Source information =>
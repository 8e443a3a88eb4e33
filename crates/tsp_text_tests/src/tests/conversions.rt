//! Lines that were worked out by hand from the layout of the datagrams.
use arrayvec::ArrayVec;
use std::alloc::Global;
use tsp_convert::run::{pack, show};
use tsp_io::memory::{MemorySink, MemorySource};
use tsp_lines::treat::Outcome;

/// Whether `pack`, or else `show`, ends with this outcome on the input, and writes this.
fn comes(alloc: Global, packs: bool, input: &[u8], outcome: Outcome, written: &[u8]) -> bool {
    let Ok(mut source) = MemorySource::new(alloc, input, &[]) else {
        return false;
    };
    let Ok(mut sink) = MemorySink::new(alloc, &[]) else {
        return false;
    };
    let ended = if packs {
        pack(alloc, &mut source, &mut sink)
    } else {
        show(alloc, &mut source, &mut sink)
    };
    ended == outcome && sink.written() == written
}

/// A line: the digits, and then the fill again and again, up to so many octets.
fn filled(digits: &str, fill: &str, octets: usize) -> ArrayVec<u8, 2048> {
    let mut line = ArrayVec::new();
    let _ = line.try_extend_from_slice(digits.as_bytes());
    for _ in digits.len() / 2..octets {
        let _ = line.try_extend_from_slice(fill.as_bytes());
    }
    let _ = line.try_push(b'\n');
    line
}

/// An ACK without a name, up to the name's end.
const LETTERS: &str = "020100000000000000000000";

/// Digits, what fills their line up to so many octets, how `show` ends on it, and what it writes. The last line is too
/// long.
const SPELLINGS: &[(&str, &str, usize, Outcome, &str)] = &[
    (
        "0101000700000000000004d2616c70686100",
        "00",
        76,
        Outcome::Ok,
        "adjtime 7 1234 alpha\n",
    ),
    (
        "0101000700000000000004D2616C70686100",
        "00",
        18,
        Outcome::Ok,
        "adjtime 7 1234 alpha\n",
    ),
    (
        "0101000700000000000004d2616c70686100",
        "ee",
        268,
        Outcome::Ok,
        "adjtime 7 1234 alpha\n",
    ),
    (
        "0101000700000000000004d2616c70686100",
        "ee",
        269,
        Outcome::Bad,
        "bad 1 long\n",
    ),
    (
        "01010000ffffffff000f423f",
        "00",
        13,
        Outcome::Ok,
        "adjtime 0 -1 %\n",
    ),
    (
        "0101000000000000ffffffff",
        "00",
        13,
        Outcome::Ok,
        "adjtime 0 -1 %\n",
    ),
    (
        "0101000080000000ffffffff",
        "00",
        13,
        Outcome::Bad,
        "bad 1 time\n",
    ),
    (
        "010100008000000000000000",
        "00",
        13,
        Outcome::Ok,
        "adjtime 0 -2147483648000000 %\n",
    ),
    (
        "010100007fffffff000f423f",
        "00",
        13,
        Outcome::Ok,
        "adjtime 0 2147483647999999 %\n",
    ),
    (
        "0101000000000000000f4240",
        "00",
        13,
        Outcome::Bad,
        "bad 1 time\n",
    ),
    ("0101", "00", 12, Outcome::Bad, "bad 1 short\n"),
    ("0102", "00", 13, Outcome::Bad, "bad 1 version\n"),
    ("0001", "00", 13, Outcome::Bad, "bad 1 kind\n"),
    ("1901", "00", 13, Outcome::Bad, "bad 1 kind\n"),
    ("8201", "00", 13, Outcome::Bad, "bad 1 kind\n"),
    (LETTERS, "61", 268, Outcome::Bad, "bad 1 name-too-long\n"),
    (LETTERS, "61", 267, Outcome::Bad, "bad 1 no-end\n"),
    (LETTERS, "61", 76, Outcome::Bad, "bad 1 no-end\n"),
    (LETTERS, "61", 75, Outcome::Bad, "bad 1 no-end\n"),
    ("8001", "00", 27, Outcome::Bad, "bad 1 stamp-length\n"),
    ("80010001", "00", 28, Outcome::Bad, "bad 1 reserved\n"),
    ("8001", "00", 513, Outcome::Bad, "bad 1 hex\n"),
];

/// Octets of a message or a stamp, with their length, and octets that aren't a datagram.
#[test]
fn shows_what_octets_spell(rt: HostRuntime) {
    for (digits, fill, octets, outcome, written) in SPELLINGS {
        let line = filled(digits, fill, *octets);
        assert!(rt;
            comes(
                rt.alloc(),
                false,
                line.as_slice(),
                *outcome,
                written.as_bytes()
            ),
            "{written}"
        );
    }
}

/// Inputs of `pack`, or else of `show`: none, with lines that it refuses, and with more than one line; how it ends on
/// them, and what it writes.
const LINES: &[(bool, &str, Outcome, &str)] = &[
    (false, "", Outcome::Ok, ""),
    (false, "\n", Outcome::Bad, "bad 1 short\n"),
    (false, "0101\n", Outcome::Bad, "bad 1 short\n"),
    (false, "zz\n", Outcome::Bad, "bad 1 hex\n"),
    (
        false,
        "02010000000000000000000000a\n",
        Outcome::Bad,
        "bad 1 hex\n",
    ),
    (
        false,
        "02010003000000000000000000",
        Outcome::Ok,
        "ack 3 %\n",
    ),
    (
        false,
        "02010003000000000000000000\n0D01000400000000000000006200\n",
        Outcome::Ok,
        "ack 3 %\nquit 4 b\n",
    ),
    (
        false,
        "02010003000000000000000000\n02010003000000000000000000 \n",
        Outcome::Bad,
        "ack 3 %\nbad 2 hex\n",
    ),
    (true, "", Outcome::Ok, ""),
    (true, "\n", Outcome::Bad, "bad 1 message\n"),
    (
        true,
        "adjtime 7 01 alpha\n",
        Outcome::Bad,
        "bad 1 message\n",
    ),
    (
        true,
        "request 10 2\nrequest 10\n",
        Outcome::Bad,
        "80010000000000000000000a00000000000000020000000000000000\nbad 2 message\n",
    ),
];

/// Whether `pack` refuses a long line, and writes a message without a name as 76 octets.
fn packs(alloc: Global) -> bool {
    let long = filled("ack 1 a", "aa", 520);
    let octets = filled("13010003", "00", 76);
    octets.len() == 153
        && comes(
            alloc,
            true,
            long.as_slice(),
            Outcome::Bad,
            b"bad 1 message\n",
        )
        && comes(alloc, true, b"msite 3 %", Outcome::Ok, octets.as_slice())
}

/// Inputs end as their rows say.
#[test]
fn converts_lines_in_turn(rt: HostRuntime) {
    for (packs, input, outcome, written) in LINES {
        assert!(rt;
            comes(
                rt.alloc(),
                *packs,
                input.as_bytes(),
                *outcome,
                written.as_bytes()
            ),
            "{written}"
        );
    }
    assert!(rt; packs(rt.alloc()));
}

/// Whether `show` makes this line of these octets, and `pack` the octets of the line.
fn converts(alloc: Global, hex: &[u8], line: &[u8]) -> bool {
    comes(alloc, false, hex, Outcome::Ok, line) && comes(alloc, true, line, Outcome::Ok, hex)
}

/// Whether a name of so many letters makes octets of this size.
fn converts_name(alloc: Global, count: usize, size: usize) -> bool {
    let mut line = ArrayVec::<u8, 512>::new();
    let mut hex = ArrayVec::<u8, 1024>::new();
    let _ = line.try_extend_from_slice(b"adjtime 7 1234 ");
    let _ = hex.try_extend_from_slice(b"0101000700000000000004d2");
    for _ in 0..count {
        let _ = line.try_push(b'a');
        let _ = hex.try_extend_from_slice(b"61");
    }
    for _ in count..size {
        let _ = hex.try_extend_from_slice(b"00");
    }
    let _ = line.try_push(b'\n');
    let _ = hex.try_push(b'\n');
    converts(alloc, hex.as_slice(), line.as_slice())
}

/// Names on both sides of the length from which a message has 268 octets, of which 12 stand before the name.
#[test]
fn converts_long_names(rt: HostRuntime) {
    for (count, size) in &[(63, 76 - 12), (64, 268 - 12), (255, 268 - 12)] {
        assert!(rt; converts_name(rt.alloc(), *count, *size));
    }
}

/// Lines, the digits of their octets up to the first that is 0 as all behind it, and how many octets they are.
const CONVERTED: &[(&str, &str, usize)] = &[
    (
        "adjtime 4660 50331650000005 b\n",
        "01011234030000020000000562",
        76,
    ),
    ("ack 4660 b\n", "02011234000000000000000062", 76),
    ("masterreq 4660 b\n", "03011234000000000000000062", 76),
    ("masterack 4660 b\n", "04011234000000000000000062", 76),
    (
        "settime 4660 50331650000005 b\n",
        "05011234030000020000000562",
        76,
    ),
    ("masterup 4660 b\n", "06011234000000000000000062", 76),
    ("slaveup 4660 b\n", "07011234000000000000000062", 76),
    ("election 4660 b\n", "08011234000000000000000062", 76),
    ("accept 4660 b\n", "09011234000000000000000062", 76),
    ("refuse 4660 b\n", "0a011234000000000000000062", 76),
    ("conflict 4660 b\n", "0b011234000000000000000062", 76),
    ("resolve 4660 b\n", "0c011234000000000000000062", 76),
    ("quit 4660 b\n", "0d011234000000000000000062", 76),
    (
        "date 4660 50331650000005 b\n",
        "0e011234030000020000000562",
        76,
    ),
    (
        "datereq 4660 50331650000005 b\n",
        "0f011234030000020000000562",
        76,
    ),
    ("dateack 4660 b\n", "10011234000000000000000062", 76),
    ("traceon 4660 b\n", "11011234000000000000000062", 76),
    ("traceoff 4660 b\n", "12011234000000000000000062", 76),
    ("msite 4660 b\n", "13011234000000000000000062", 76),
    ("msitereq 4660 b\n", "14011234000000000000000062", 76),
    ("test 4660 b\n", "15011234000000000000000062", 76),
    (
        "setdate 4660 50331650000005 b\n",
        "16011234030000020000000562",
        76,
    ),
    (
        "setdatereq 4660 50331650000005 b\n",
        "17011234030000020000000562",
        76,
    ),
    ("loop 4660 3 b\n", "18011234030000000000000062", 76),
    (
        "request 1 2\n",
        "8001000000000000000000010000000000000002",
        28,
    ),
    (
        "reply 5 1 2 1020\n",
        "810100050000000000000001000000000000000200000000000003fc",
        28,
    ),
];

/// Each type of message and both stamps, in their written octets and as lines.
#[test]
fn converts_each_type(rt: HostRuntime) {
    for (line, digits, octets) in CONVERTED {
        let hex = filled(digits, "00", *octets);
        assert!(rt;
            converts(rt.alloc(), hex.as_slice(), line.as_bytes()),
            "{line}"
        );
    }
}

Problem to work on =>
Repeat the material exactly. Begin with its first line and end with the line that has "let _ = line.try_extend_from_slice(digits.as_bytes());".

Answer to this exercise =>
repository 8e443a3a88eb4e33
filename crates/tsp_text_tests/src/tests/conversions.rt
//! Lines that were worked out by hand from the layout of the datagrams.
use arrayvec::ArrayVec;
use std::alloc::Global;
use tsp_convert::run::{pack, show};
use tsp_io::memory::{MemorySink, MemorySource};
use tsp_lines::treat::Outcome;

/// Whether `pack`, or else `show`, ends with this outcome on the input, and writes this.
fn comes(alloc: Global, packs: bool, input: &[u8], outcome: Outcome, written: &[u8]) -> bool {
    let Ok(mut source) = MemorySource::new(alloc, input, &[]) else {
        return false;
    };
    let Ok(mut sink) = MemorySink::new(alloc, &[]) else {
        return false;
    };
    let ended = if packs {
        pack(alloc, &mut source, &mut sink)
    } else {
        show(alloc, &mut source, &mut sink)
    };
    ended == outcome && sink.written() == written
}

/// A line: the digits, and then the fill again and again, up to so many octets.
fn filled(digits: &str, fill: &str, octets: usize) -> ArrayVec<u8, 2048> {
    let mut line = ArrayVec::new();
    let _ = line.try_extend_from_slice(digits.as_bytes());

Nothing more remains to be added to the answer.